'''
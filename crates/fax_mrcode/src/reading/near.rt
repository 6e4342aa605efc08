//! Steps of a two-dimensional line, read from one window of bits: the fast way.
ghost use Rattle.std.specs.Prelude.{List, Bool, ◌+◌, ◌-◌, ◌<◌, ◌≤◌, ◌≡◌, ◌^◌, ◌/◌, ◌++◌, ◌⊎◌, length, take, drop, replicate, slice_index_or, IfSome, IsNone};
ghost use Rattle.fax_bits.specs.Bits.{word_bits};
ghost use Rattle.fax_bits.specs.Reading.{Place};
ghost use Rattle.fax_runcodes.specs.Rows.{Elements, other, colour_before};
ghost use Rattle.fax_runcodes.specs.Painted.{painted, colour_after_changes};
ghost use Rattle.fax_runcodes.specs.Spelling.{SpellsRun};
ghost use Rattle.fax_runcodes.specs.declared.Colour.{Colour};
ghost use Rattle.fax_mrcode.specs.declared.mode.Mode.{Mode};
ghost use Rattle.fax_mrcode.specs.Modes.{mode_word};
ghost use Rattle.fax_mrcode.specs.Starts.{IsBack, IsCursor, IsIndexOfB1, IsStartIn, Rests, StepsAt, TakesStep, TakesNear, StepsSoFar, left_of_a0, start_of};

use super::Start;
use super::ahead::{Ahead, ShortRuns, ones, past, short_runs};
use super::verticals::{VerticalWord, vertical_word};
use super::words::{HORIZONTAL_BITS, PASS_BITS};
use crate::places::place_at;
use fax_bits::BitReader;
use fax_runcodes::{Colour, RowBuilder};

/// How many bits a step in horizontal mode has at most where both of its runs are of fewer than 64
/// elements: the word of the mode, 8 for a white run and 12 for a black one (ITU-T T.4, tables 2/T.4 and
/// 4/T.4). Where fewer are left the next window is read first.
const SHORT_STEP_BITS: u32 = 23;

/// Where a coding step starts, and the bits from it on. The colour at a0 is that up to the changing
/// place of the index.
#[derive(Clone, Copy)]
pub(super) struct Near {
    /// The place right of a0: 0 for a0 = -1.
    from: u16,
    /// From where on b1 is looked for in the changing places of the reference.
    index: usize,
    /// The bits that are left to read.
    ahead: Ahead,
}

/// Where b1 is: its index in the changing places of the reference, or one past their end, and its place.
#[derive(Clone, Copy)]
struct NextChange {
    index: usize,
    place: u16,
}

/// Reads steps as far as one window shows them, and answers where the next one starts. It is the fast
/// way: what it leaves is read step by step. The line has its whole width from the start on, and each
/// step turns the elements right of a0.
#[inline]
pub(super) fn read_near_steps(
    line: &mut RowBuilder,
    reader: &mut BitReader,
    changes: &[u16],
    width: u16,
    start: Start,
) -> Start
    requires start { IsStartIn changes.now width line.old start }
    requires at { StepsAt changes.now width start.from }
    ensures next { IsStartIn changes.now width line.new result }
    ensures right { start.from ≤ result.from }
    ensures so_far { (old : Place)
        → StepsSoFar (painted Colour.White 0 changes.now width) width old reader.old
        (left_of_a0 line.old start) start → StepsSoFar (painted Colour.White 0 changes.now width)
        width old reader.new (left_of_a0 line.new result) result }
{
    let known = reader.known();
    let first = Near {
        from: start.from,
        index: start.index,
        ahead: Ahead {
            window: reader.window() << 8,
            left: known,
        },
    };
    let mut near = near_start(line, changes, width, first);
    while near.from <= width {
        let Some(next) = near_step(line, changes, width, near) else {
            break;
        };
        near = next;
    }
    reader.skip(known - near.ahead.left);
    Start {
        from: near.from,
        colour: Colour::after_changes(near.index),
        index: near.index,
    }
}

/// Takes the steps with a1 at b1 that a window begins with, where it shows eight of them or more, all at
/// once. Fewer are taken one by one.
#[inline]
fn near_start(line: &mut RowBuilder, changes: &[u16], width: u16, near: Near) -> Near
    requires start { IsStartIn changes.now width line.old (start_of near) }
    requires at { StepsAt changes.now width near.from }
    requires known { near.ahead.left ≤ 56 }
    ensures next { IsStartIn changes.now width line.new (start_of result) }
    ensures taken { (line.new ≡ line.old)
        × (result ≡ near) ⊎ TakesNear (painted Colour.White 0 changes.now width)
        width line.old near line.new result }
{
    if near.ahead.window >> 56 == 0xff && near.ahead.left >= 8 {
        near_zeros(line, changes, width, near)
    } else {
        near
    }
}

/// Takes the step that the bits begin with, where they show all of it and its runs are short. `None`
/// changes nothing.
#[inline]
fn near_step(line: &mut RowBuilder, changes: &[u16], width: u16, near: Near) -> Option<Near>
    requires start { IsStartIn changes.now width line.old (start_of near) }
    requires at { StepsAt changes.now width near.from }
    requires known { near.ahead.left ≤ 56 }
    ensures next { IfSome result (λ next. IsStartIn changes.now width line.new (start_of next)) }
    ensures taken { IfSome result (λ next.
        TakesNear (painted Colour.White 0 changes.now width) width line.old near line.new next) }
    ensures none { IsNone result → line.new ≡ line.old }
{
    let word = vertical_word(near.ahead.window);
    if word.bits > 0 {
        return near_vertical(line, changes, width, near, word);
    }
    match near.ahead.window >> 60 {
        0b0001 => near_pass(changes, width, near),
        0b0010 | 0b0011 => near_horizontal(line, changes, width, near),
        _ => None,
    }
}

/// Takes the steps with a1 at b1 that the bits begin with, whose words are a 1 each: the first, and
/// those after it as far as the reference has changing places for them.
#[inline]
fn near_zeros(line: &mut RowBuilder, changes: &[u16], width: u16, near: Near) -> Near
    requires start { IsStartIn changes.now width line.old (start_of near) }
    requires at { StepsAt changes.now width near.from }
    requires known { near.ahead.left ≤ 56 }
    requires some { 0 < near.ahead.left }
    requires zero { near.ahead.window / 2 ^ 63 ≡ 1 }
    ensures next { IsStartIn changes.now width line.new (start_of result) }
    ensures taken { TakesNear (painted Colour.White 0 changes.now width)
        width line.old near line.new result }
{
    let b1 = next_change(changes, width, near);
    if near.from > 0 {
        let steps = (ones(near.ahead) as usize).min(changes.len().saturating_sub(b1.index));
        if steps > 0 {
            let index = b1.index + steps;
            line.turn_at_all(&changes[b1.index..index]);
            return Near {
                from: changes[index - 1] + 1,
                index,
                ahead: past(near.ahead, steps as u32),
            };
        }
    }
    turn_below(line, width, b1.place);
    Near {
        from: b1.place + 1,
        index: b1.index + 1,
        ahead: past(near.ahead, 1),
    }
}

/// Takes the step in vertical mode of a word that the bits begin with, where they show all of it.
/// `None` changes nothing.
#[inline]
fn near_vertical(
    line: &mut RowBuilder,
    changes: &[u16],
    width: u16,
    near: Near,
    word: VerticalWord,
) -> Option<Near>
    requires start { IsStartIn changes.now width line.old (start_of near) }
    requires at { StepsAt changes.now width near.from }
    requires known { near.ahead.left ≤ 56 }
    requires size { length (mode_word (Mode.Vertical word.offset)) ≡ word.bits }
    requires begins { (rest : List Bool)
        × (word_bits 64 near.ahead.window ≡ mode_word (Mode.Vertical word.offset) ++ rest) }
    requires back { IsBack word.offset word.back }
    ensures next { IfSome result (λ next. IsStartIn changes.now width line.new (start_of next)) }
    ensures taken { IfSome result (λ next.
        TakesNear (painted Colour.White 0 changes.now width) width line.old near line.new next) }
    ensures none { IsNone result → line.new ≡ line.old }
{
    let bits = u32::from(word.bits);
    if bits > near.ahead.left {
        return None;
    }
    let b1 = next_change(changes, width, near);
    // two past the last changing place none stands after: such a step is taken the slow way
    if b1.index > changes.len() {
        return None;
    }
    let past_a1 = b1.place + word.offset.right_of_left3();
    if past_a1 < near.from + 3 || past_a1 > width + 3 {
        return None;
    }
    let a1 = past_a1 - 3;
    turn_below(line, width, a1);
    Some(Near {
        from: a1 + 1,
        index: index_after(b1.index, word.back),
        ahead: past(near.ahead, bits),
    })
}

/// From where on the next b1 is looked for: after this one, or so many changing places further back, as
/// the changing place before b1 may be right of a1. Before the first none is.
#[inline]
fn index_after(b1: usize, back: u16) -> usize
    requires { b1 + 1 < 2 ^ 64 }
    ensures { (result + back ≡ b1 + 1) ⊎ ((b1 + 1 < back) × (result ≡ 1)) }
{
    let next = b1 + 1;
    let back = usize::from(back);
    if next < back { 1 } else { next - back }
}

/// Takes the step in pass mode, whose word the bits begin with, where they show all of it. No element
/// turns.
#[inline]
fn near_pass(changes: &[u16], width: u16, near: Near) -> Option<Near>
    requires cursor { IsCursor changes.now (colour_after_changes near.index) near.from near.index }
    requires at { StepsAt changes.now width near.from }
    requires known { near.ahead.left ≤ 56 }
    requires word { near.ahead.window / 2 ^ 60 ≡ 1 }
    ensures next { IfSome result
        (λ next. (line : Elements) → IsStartIn changes.now width line (start_of near)
        → IsStartIn changes.now width line (start_of next)) }
    ensures taken { IfSome result
        (λ next. (line : Elements) → IsStartIn changes.now width line (start_of near)
        → TakesNear (painted Colour.White 0 changes.now width) width line near line next) }
{
    if near.ahead.left < PASS_BITS {
        return None;
    }
    let b1 = next_change(changes, width, near);
    let b2 = place_at(changes, b1.index + 1, width);
    if b2 == width {
        return None;
    }
    Some(Near {
        from: b2 + 1,
        index: b1.index + 2,
        ahead: past(near.ahead, PASS_BITS),
    })
}

/// Takes the step in horizontal mode, whose word the bits begin with, where they show all of it and its
/// runs are short. `None` changes nothing.
#[inline]
fn near_horizontal(line: &mut RowBuilder, changes: &[u16], width: u16, near: Near) -> Option<Near>
    requires start { IsStartIn changes.now width line.old (start_of near) }
    requires at { StepsAt changes.now width near.from }
    requires known { near.ahead.left ≤ 56 }
    requires word { near.ahead.window / 2 ^ 61 ≡ 1 }
    ensures next { IfSome result (λ next. IsStartIn changes.now width line.new (start_of next)) }
    ensures taken { IfSome result (λ next.
        TakesNear (painted Colour.White 0 changes.now width) width line.old near line.new next) }
    ensures none { IsNone result → line.new ≡ line.old }
{
    if near.ahead.left < SHORT_STEP_BITS {
        return None;
    }
    let after = past(near.ahead, HORIZONTAL_BITS);
    let Some(runs) = short_runs(after, Colour::after_changes(near.index)) else {
        return None;
    };
    turn_at_runs(line, changes, width, near, runs)
}

/// Turns the elements at a1 and a2, where a step may have these runs from a0 to a1 and from a1 to a2.
/// `None` changes nothing.
#[inline]
fn turn_at_runs(
    line: &mut RowBuilder,
    changes: &[u16],
    width: u16,
    near: Near,
    runs: ShortRuns,
) -> Option<Near>
    requires start { IsStartIn changes.now width line.old (start_of near) }
    requires at { StepsAt changes.now width near.from }
    requires first { runs.first < 64 }
    requires second { runs.second < 64 }
    ensures next { IfSome result (λ next. IsStartIn changes.now width line.new (start_of next)) }
    ensures taken { IfSome result
        (λ next. (s t : List Bool) → SpellsRun (colour_after_changes near.index) s runs.first
        → SpellsRun (other (colour_after_changes near.index)) t runs.second
        → TakesStep (painted Colour.White 0 changes.now width) width Mode.Horizontal (s
        ++ t) (left_of_a0 line.old (start_of near))
        (start_of near) (left_of_a0 line.new (start_of next)) (start_of next)) }
    ensures ahead { IfSome result (λ next. next.ahead ≡ runs.ahead) }
    ensures none { IsNone result → line.new ≡ line.old }
{
    let a1 = near.from.saturating_sub(1) + runs.first;
    let a2 = a1 + runs.second;
    if a2 > width {
        return None;
    }
    if runs.first == 0 && near.from > 0 {
        return None;
    }
    if runs.second == 0 && a1 < width {
        return None;
    }
    turn_below(line, width, a1);
    turn_below(line, width, a2);
    Some(Near {
        from: a2 + 1,
        index: near.index,
        ahead: runs.ahead,
    })
}

/// Where b1 is.
#[inline]
fn next_change(changes: &[u16], width: u16, near: Near) -> NextChange
    requires { IsCursor changes.now (colour_after_changes near.index) near.from near.index }
    ensures b1 { IsIndexOfB1 changes.now (colour_after_changes near.index) near.from result.index }
    ensures place { result.place ≡ slice_index_or changes.now result.index width }
{
    let mut index = near.index;
    while index < changes.len() {
        let place = changes[index];
        if place >= near.from {
            return NextChange { index, place };
        }
        index += 2;
    }
    NextChange {
        index,
        place: width,
    }
}

/// Gives the elements from a place on the other colour, where there are any.
#[inline]
fn turn_below(line: &mut RowBuilder, width: u16, place: u16)
    requires wide { length line.old ≡ width }
    requires within { place ≤ width }
    requires same { drop place line.old ≡ replicate (width - place) (colour_before line.old place) }
    ensures left { take place line.new ≡ take place line.old }
    ensures right { Rests width line.new place (other (colour_before line.old place)) }
{
    if place < width {
        line.turn(place);
    }
}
'''
▸ **Problem to solve**
Given the records above, return exactly the lines starting at the line containing "if word.bits >" and ending at the line containing "fn near_zeros(line: &mut", including both.

▸ **Answer**
    if word.bits > 0 {
        return near_vertical(line, changes, width, near, word);
    }
    match near.ahead.window >> 60 {
        0b0001 => near_pass(changes, width, near),
        0b0010 | 0b0011 => near_horizontal(line, changes, width, near),
        _ => None,
    }
}

/// Takes the steps with a1 at b1 that the bits begin with, whose words are a 1 each: the first, and
/// those after it as far as the reference has changing places for them.
#[inline]
fn near_zeros(line: &mut RowBuilder, changes: &[u16], width: u16, near: Near) -> Near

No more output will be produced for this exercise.